А в гигантской, пустоватой и слишком ярко освещенной пятирожковой люстрой гостиной просторно стоит модная, слишком маленькая для такой комнаты тонконогая мебель – столик фасолиной на раскоряченных ногах, телевизор – на раскоряченных, радиола на таких же, и большой стол, и даже стулья, а подо всем этим бедным модерном с инвентарными номерками адмхозотдела – голубой китайский ковер.
И в самом углу гостиной, на диване, почему-то шепчутся подружки, Лена и Галя.

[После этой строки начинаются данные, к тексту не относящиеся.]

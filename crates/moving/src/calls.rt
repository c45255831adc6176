// The calls: the bytes of all values, packed, into the three images, and out of them (document 01, "Images and moving bytes"; document 02, request 2026-06).
ghost use Rattle.std.specs.Prelude.{◌≡◌, length};
ghost use Rattle.moving.specs.Images.{amd64};
ghost use Rattle.moving.specs.Answers.{place_answer, registers_after, upper_after, stack_after, gather_answer, values_after};

use crate::{filling, refusals};
use form::{Reason, Refusal};
use layout::Described;
use units::Registers;

// Places packed values: every byte of the three images is written, or none.
pub fn place_values(
    d: &[u8],
    hidden: u64,
    values: &[u8],
    registers: &mut [u8],
    upper: &mut [u8],
    stack: &mut [u8],
) -> Result<Registers, Refusal>
    ensures { (result ≡ place_answer amd64 d.now hidden values.now (length registers.old) (length upper.old)
        (length stack.old))
        × ((registers.new
        ≡ registers_after amd64 d.now hidden values.now registers.old upper.old stack.old)
        × ((upper.new
        ≡ upper_after amd64 d.now hidden values.now registers.old upper.old stack.old)
        × (stack.new
        ≡ stack_after amd64 d.now hidden values.now registers.old upper.old stack.old))) }
{
    let mut table = [0u32; 64];
    let layout = layout::layout_with(d, &mut table)?;
    let described = Described {
        bytes: d,
        table: &table,
    };
    if refusals::wrong_length(
        layout,
        values.len(),
        registers.len(),
        upper.len(),
        stack.len(),
    ) {
        return Err(Refusal::from(Reason::WrongBuffer));
    }
    if refusals::wrong_address(d, layout.hidden, hidden) {
        return Err(Refusal::from(Reason::HiddenTooWide));
    }
    if refusals::wrong_bool(described, values) {
        return Err(Refusal::from(Reason::WrongBool));
    }
    filling::fill_images(
        described,
        layout.hidden,
        hidden,
        values,
        registers,
        upper,
        stack,
    );
    Ok(layout.used.vector)
}

// Gathers the values again, packed, and answers the hidden address.
pub fn gather_values(
    d: &[u8],
    registers: &[u8],
    upper: &[u8],
    stack: &[u8],
    values: &mut [u8],
) -> Result<u64, Refusal>
    ensures { (result ≡ gather_answer amd64 d.now registers.now upper.now stack.now (length values.old))
        × (values.new
        ≡ values_after amd64 d.now registers.now upper.now stack.now values.old) }
{
    let mut table = [0u32; 64];
    let layout = layout::layout_with(d, &mut table)?;
    let described = Described {
        bytes: d,
        table: &table,
    };
    if refusals::wrong_length(
        layout,
        values.len(),
        registers.len(),
        upper.len(),
        stack.len(),
    ) {
        return Err(Refusal::from(Reason::WrongBuffer));
    }
    filling::gather_all(described, layout.hidden, registers, upper, stack, values);
    Ok(if layout.hidden {
        images::address_in(registers)
    } else {
        0
    })
}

Представляешь, говорит Лена, папа вернулся из Австрии, а мне привез такую чепуху, даже джинсов не привез, а там сейчас все носят джинсы, а он привез платьев, кому они нужны, сейчас уже на нижних юбках не носят, а носят очень короткие и узкие, мода называется мини, понимаешь, значит минимум... а я один раз иду по лестнице, а снизу один мальчик с переводческого, он с трех лет с родителями в Англии жил, и говорит снизу по-английски: о, зе бест кан оф зе совьет юнион! Понимаешь, это по-английски получается остроумно и почти в рифму, но очень грубо, значит, у меня самая лучшая в Советском Союзе... понимаешь?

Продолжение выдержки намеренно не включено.